When I try to sign up for Uber it directs me to website with address bonjour uber.
Then it ask for SSN.
I see Uber has no "contact us" email link so I can't ask them.
Is this a legit website?


----------



## Cableguynoe

Probably not. If u don’t like it better to be safe.


----------



## unPat

Download the uber Driver app and download from there. As long as you get redirected from the app it’s legit.


----------



## Mars Troll Number 4

Yes uber is a scam...

whether or not the website you were looking at was pointing to the "official" scam is a whole nother point.


----------



## UberBastid

^^^^


----------



## UberLady10001

. . . . and the answer is.

I went to a uber introductory session and they said bonjour uber is a legitimate website.


----------



## SEAL Team 5

UberLady10001 said:


> When I try to sign up for Uber it directs me to website with address bonjour uber.
> Then it ask for SSN.
> I see Uber has no "contact us" email link so I can't ask them.
> Is this a legit website?


No, it's not a legit website. Just PM me your information and I can take care of it for you.
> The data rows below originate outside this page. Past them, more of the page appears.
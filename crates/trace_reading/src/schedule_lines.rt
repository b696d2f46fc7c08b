//! The lines of a schedule.
ghost use Rattle.std.specs.Prelude.{◌≡◌, ◌↔◌, List, ◌∷◌, [], ◌++◌, Err, IfOk, OnOk, IfErr, IsTrue, ◌≢◌, nat_lt, Some, ◌≤◌, ◌+◌, ◌<◌, ◌^◌, ℕ, length};
ghost use Rattle.std.specs.List.{AllByRecursion};
ghost use Rattle.heap_words.specs.declared.schedule.Item.{Item as Piece};
ghost use Rattle.trace_reading.specs.Spelling.{IsItem, spaced_item, items_and_end, IsScheduleLine, schedule_line};
ghost use Rattle.trace_reading.specs.Front.{IsLineEnd, IsBehindCommands, BeginsWith, BeginsWithNone};
ghost use Rattle.trace_reading.specs.Grammar.{HasScheduled};
ghost use Rattle.trace_reading.specs.declared.why.Why.{Why as Cause};
ghost use Rattle.trace_reading.specs.Faults.{IsTextFault};
ghost use Rattle.trace_reading.specs.Causes.{parts};
ghost use Rattle.trace_reading.specs.Refused.{body_stage, cause_of};
ghost use Rattle.trace_reading.specs.Stops.{StopsTurns};

use crate::fault::{NotTaken, TraceFault};
use crate::items::item_at;
use crate::{body_refusal, text_at};
use heap_words::{Config, Schedule};
use std::alloc::Global;

/// Takes a space and an item, and adds the item to the schedule.
fn take_item<'a>(
    alloc: Global,
    config: &Config,
    bytes: &'a [u8],
    schedule: &mut Schedule,
) -> Result<&'a [u8], NotTaken>
    ensures ok { IfOk result (λ rest. (item : Piece) × BeginsWith spaced_item (IsItem config.now) bytes.now item rest.now × (schedule.new ≡ schedule.old ++ item ∷ [])) }
    ensures refused { result ≡ Err NotTaken.Refused → BeginsWithNone spaced_item (IsItem config.now) bytes.now }
{
    let Some(word) = text_at(b" ", bytes) else {
        return Err(NotTaken::Refused);
    };
    let Some((item, rest)) = item_at(config, word) else {
        return Err(NotTaken::Refused);
    };
    match schedule.push(alloc, item) {
        Ok(()) => Ok(rest),
        Err(_) => Err(NotTaken::NoMemory),
    }
}

/// Whether the line ends here.
fn is_line_end(bytes: &[u8]) -> bool
    ensures { IsTrue result ↔ IsLineEnd bytes.now }
{
    match bytes {
        [first, ..] => *first == b'\n',
        [] => false,
    }
}

/// Takes all items of a line, and its end.
fn take_items<'a>(
    alloc: Global,
    config: &Config,
    bytes: &'a [u8],
    schedule: &mut Schedule,
) -> Result<&'a [u8], NotTaken>
    ensures ok { IfOk result (λ rest. (items : List Piece) × BeginsWith items_and_end (AllByRecursion (IsItem config.now)) bytes.now items rest.now × (schedule.new ≡ schedule.old ++ items)) }
    ensures refused { result ≡ Err NotTaken.Refused → (items : List Piece) (rest : List ℕ) → AllByRecursion (IsItem config.now) items → bytes.now ≢ items_and_end items ++ rest }
{
    let mut rest = bytes;
    'items: while !is_line_end(rest) {
        rest = take_item(alloc, config, rest, schedule)?;
    }
    Ok(&rest[1..])
}

/// Takes a line of the schedule, and adds its items.
fn take_schedule_line<'a>(
    alloc: Global,
    config: &Config,
    bytes: &'a [u8],
    schedule: &mut Schedule,
) -> Result<&'a [u8], NotTaken>
    ensures ok { IfOk result (λ rest. (items : List Piece) × BeginsWith schedule_line (IsScheduleLine config.now) bytes.now items rest.now × (schedule.new ≡ schedule.old ++ items)) }
    ensures refused { result ≡ Err NotTaken.Refused → (items : List Piece) (rest : List ℕ) → IsScheduleLine config.now items → bytes.now ≢ schedule_line items ++ rest }
{
    let Some(items) = text_at(b"!", bytes) else {
        return Err(NotTaken::Refused);
    };
    if is_line_end(items) {
        return Err(NotTaken::Refused);
    }
    take_items(alloc, config, items, schedule)
}

/// Takes all lines of the schedule, to the end of the bytes, of which the first is this line of a trace of the version.
pub(crate) fn take_schedule(
    alloc: Global,
    version: u32,
    config: &Config,
    first: u64,
    bytes: &[u8],
    schedule: &mut Schedule,
) -> Result<(), TraceFault>
    requires few { first + length bytes.now < 2 ^ 64 }
    requires behind { IsBehindCommands bytes.now }
    ensures ok { OnOk result (HasScheduled config.now bytes.now schedule.old schedule.new) }
    ensures fault { IfErr result IsTextFault }
    ensures bad_line { (line_number : ℕ) (why : Cause) → result ≡ Err (TraceFault.BadLine line_number why) → StopsTurns version config.now first bytes.now line_number why }
{
    let mut rest = bytes;
    let mut line = first;
    'turns: while !rest.is_empty() {
        rest = match take_schedule_line(alloc, config, rest, schedule) {
            Ok(behind) => behind,
            Err(NotTaken::NoMemory) => return Err(TraceFault::NoMemory),
            Err(NotTaken::Refused) => return Err(bad_turn(version, config, first, line, rest)),
        };
        line += 1;
    }
    Ok(())
}

/// The fault of bytes that do not begin with a line of the schedule, where the schedule begins at the line `first` and
/// this is the line `line`.
fn bad_turn(version: u32, config: &Config, first: u64, line: u64, bytes: &[u8]) -> TraceFault
    requires some { 1 ≤ length bytes.now }
    requires mark { line ≤ first → IsBehindCommands bytes.now }
    requires refused { (items : List Piece) (rest : List ℕ) → IsScheduleLine config.now items → bytes.now ≢ schedule_line items ++ rest }
    ensures { (why : Cause) × (result ≡ TraceFault.BadLine line why) × (cause_of (body_stage version config.now (nat_lt first line)) (parts 10 bytes.now) ≡ Some why) }
{
    let why = body_refusal(version, config, first < line, bytes).unwrap();
    TraceFault::BadLine { line, why }
}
Please include your full name, address, SS#, date of birth, bank account and routing#, any passwords to said bank accounts and mother's maiden name.

Remit to;

SEAL Team V
c/o UP.net


----------



## UberLady10001

Ha ha ha ha. 
I checked it out, the answer is: yes, it is a legitimate Uber partner website.


----------



## DrivingForYou

UberLady10001 said:


> Ha ha ha ha.
> I checked it out, the answer is: yes, it is a legitimate Uber partner website.


The "important" part of a domain name is the middle "top level domain".

Www.uber.com for instance

"Uber.com" is the legit top level.

So "something.uber.com" is just a derivative sub domain, still under control of the top level domain.

However, " somethinguber.com" with no period between something and Uber, IS NOT.

And also the .com is important. Many nations have other suffixes, so:

Uber.cr

Is probably totally fake.

So in your case:

Bonjour.uber.com

Is fine, but

Bonjour-uber.com

Is a fake scam.


----------



## UberLady10001

Thank you Drivingfor. Excellent post.
I tried posting what you did (the actual url) but it was prohibited by the mods.
I'm glad you posted this. I sure it will help other folks searching for this term. I know when I tried searching the forum there was nothing.


----------



## Hungry

I am gratefull that this information is here. Thank you UberLady10001 and Drivingfor. I am in the proccess of applying to drive for UBER, I became very concerned when I noticed the bonjour uber com .Very relieved to find this forum


----------



## backcountryrez




----------



## El Janitor

Yeah WTF is this? I'm weary about this also.


----------